Data excerpts
****************

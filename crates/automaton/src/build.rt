// Building the tables of an expression, part by part from the left.

ghost use Rattle.std.specs.Prelude.{◌≡◌, ℕ, ◌+◌, ◌<◌, ◌≤◌, ◌⊎◌, ◌↔◌, IsTrue, false, vec_len, IfOk, min};
ghost use Rattle.rpe.specs.Language.{positions};
ghost use Rattle.rpe.specs.Reading.{regex_of};
ghost use Rattle.automaton.specs.PositionSet.{Has};
ghost use Rattle.automaton.specs.Table.{row, IsBefore};
ghost use Rattle.automaton.specs.Building.{AddsLetter, IsAdded, Links};

use crate::position_set::{MAX_POSITIONS, PositionSet};
use rpe::Rpe;
use sd_value::{NoMemory, Str};
use std::alloc::Global;

/// The number of positions, or 257 where there are more.
pub fn count_positions(expression: &Rpe) -> u32
    ensures { result ≡ min (positions (regex_of expression.now)) 257 }
{
    match expression {
        Rpe::Label(_) | Rpe::Any => 1,
        Rpe::Empty => 0,
        Rpe::Seq(a, b) | Rpe::Alt(a, b) => (count_positions(a) + count_positions(b)).min(257),
        Rpe::Star(a) => count_positions(a),
    }
}

/// The ends of a part of an expression, while its tables are built.
#[derive(Drop)]
pub struct Ends {
    pub has_empty: bool,
    pub first: PositionSet,
    pub last: PositionSet,
}

// Adds one position, and answers the set of it alone.
fn add_letter(
    letter: Option<Str>,
    letters: &mut Vec<Option<Str>>,
    next: &mut Vec<PositionSet>,
) -> Result<PositionSet, NoMemory>
    requires { vec_len letters.old < 256 }
    ensures { IfOk result
        (λ here. AddsLetter letter letters.old.items letters.new.items next.old.items
        next.new.items here) }
{
    let mut here = PositionSet::new();
    here.insert(letters.len() as u32);
    next.push(PositionSet::new())?;
    letters.push(letter)?;
    Ok(here)
}

// Lets each position of `ones` be followed by each of `others`.
fn link(next: &mut Vec<PositionSet>, ones: &PositionSet, others: &PositionSet)
    requires size { vec_len next.old ≤ 256 }
    requires within { (p : ℕ) → Has ones.now p → p < vec_len next.old }
    ensures len { vec_len next.new ≡ vec_len next.old }
    ensures links { Links next.old.items next.new.items ones.now others.now }
{
    for p in 0..next.len() {
        if ones.contains(p as u32) {
            next[p].add_all(others);
        }
    }
}

// The first set, with the other where the mark is set.
fn joined_where(mark: bool, mut ones: PositionSet, others: &PositionSet) -> PositionSet
    ensures { (q : ℕ) → Has result q ↔ (Has ones q ⊎ (IsTrue mark × Has others.now q)) }
{
    if mark {
        ones.add_all(others);
    }
    ones
}

fn joined(mut ones: PositionSet, others: &PositionSet) -> PositionSet
    ensures { (q : ℕ) → Has result q ↔ (Has ones q ⊎ Has others.now q) }
{
    ones.add_all(others);
    ones
}

impl Ends {
    ghost use Rattle.automaton.specs.Building.{IsSequence, IsChoice};

    fn of_position(here: PositionSet) -> Ends
        ensures { result ≡ record { has_empty = false; first = here; last = here } }
    {
        Ends {
            has_empty: false,
            first: here,
            last: here,
        }
    }

    fn in_sequence(one: Ends, other: Ends) -> Ends
        ensures { IsSequence one other result }
    {
        Ends {
            has_empty: one.has_empty && other.has_empty,
            first: joined_where(one.has_empty, one.first, &other.first),
            last: joined_where(other.has_empty, other.last, &one.last),
        }
    }

    fn in_choice(one: Ends, other: Ends) -> Ends
        ensures { IsChoice one other result }
    {
        Ends {
            has_empty: one.has_empty || other.has_empty,
            first: joined(one.first, &other.first),
            last: joined(one.last, &other.last),
        }
    }
}

/// Adds the positions of the expression to the tables.
pub fn add(
    alloc: Global,
    expression: &Rpe,
    letters: &mut Vec<Option<Str>>,
    next: &mut Vec<PositionSet>,
) -> Result<Ends, NoMemory>
    requires room { vec_len letters.old + positions (regex_of expression.now) ≤ 256 }
    requires paired { vec_len next.old ≡ vec_len letters.old }
    ensures added { IfOk result (IsAdded (regex_of expression.now)
        letters.old.items letters.new.items next.old.items next.new.items) }
    ensures len { IfOk result
        (λ _. vec_len letters.new ≡ vec_len letters.old + positions (regex_of expression.now)) }
    ensures paired { IfOk result (λ _. vec_len next.new ≡ vec_len letters.new) }
    ensures within { IfOk result (λ ends. (p : ℕ) → Has ends.last p → p < vec_len next.new) }
{
    match expression {
        Rpe::Label(label) => {
            let label = label.copy(alloc)?;
            let here = add_letter(Some(label), letters, next)?;
            Ok(Ends::of_position(here))
        }
        Rpe::Any => {
            let here = add_letter(None, letters, next)?;
            Ok(Ends::of_position(here))
        }
        Rpe::Empty => Ok(Ends {
            has_empty: true,
            first: PositionSet::new(),
            last: PositionSet::new(),
        }),
        Rpe::Seq(a, b) => {
            let one = add(alloc, a, letters, next)?;
            let other = add(alloc, b, letters, next)?;
            link(next, &one.last, &other.first);
            Ok(Ends::in_sequence(one, other))
        }
        Rpe::Alt(a, b) => {
            let one = add(alloc, a, letters, next)?;
            let other = add(alloc, b, letters, next)?;
            Ok(Ends::in_choice(one, other))
        }
        Rpe::Star(a) => {
            let body = add(alloc, a, letters, next)?;
            link(next, &body.last, &body.first);
            Ok(Ends {
                has_empty: true,
                first: body.first,
                last: body.last,
            })
        }
    }
}

// The positions that `p` may follow.
fn before(rows: &Vec<PositionSet>, p: u32) -> PositionSet
    requires size { vec_len rows.now ≤ 256 }
    requires small { p < MAX_POSITIONS }
    ensures { IsBefore rows.now.items p result }
{
    let mut set = PositionSet::new();
    for q in 0..rows.len() {
        if rows[q].contains(p) {
            set.insert(q as u32);
        }
    }
    set
}

/// For each position those that it may follow, from those that may follow it.
pub fn transposed(alloc: Global, rows: &Vec<PositionSet>) -> Result<Vec<PositionSet>, NoMemory>
    requires { vec_len rows.now ≤ 256 }
    ensures len { IfOk result (λ turned. vec_len turned ≡ vec_len rows.now) }
    ensures turned { IfOk result
        (λ turned. (p : ℕ) → p < vec_len rows.now
        → IsBefore rows.now.items p (row turned.items p)) }
{
    let mut turned = Vec::new(alloc);
    for p in 0..rows.len() {
        turned.push(before(rows, p as u32))?;
    }
    Ok(turned)
}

****************

[Your instructions]
Across the records above, return every line that contains the word "AddsLetter".

[Response]
ghost use Rattle.automaton.specs.Building.{AddsLetter, IsAdded, Links};
        (λ here. AddsLetter letter letters.old.items letters.new.items next.old.items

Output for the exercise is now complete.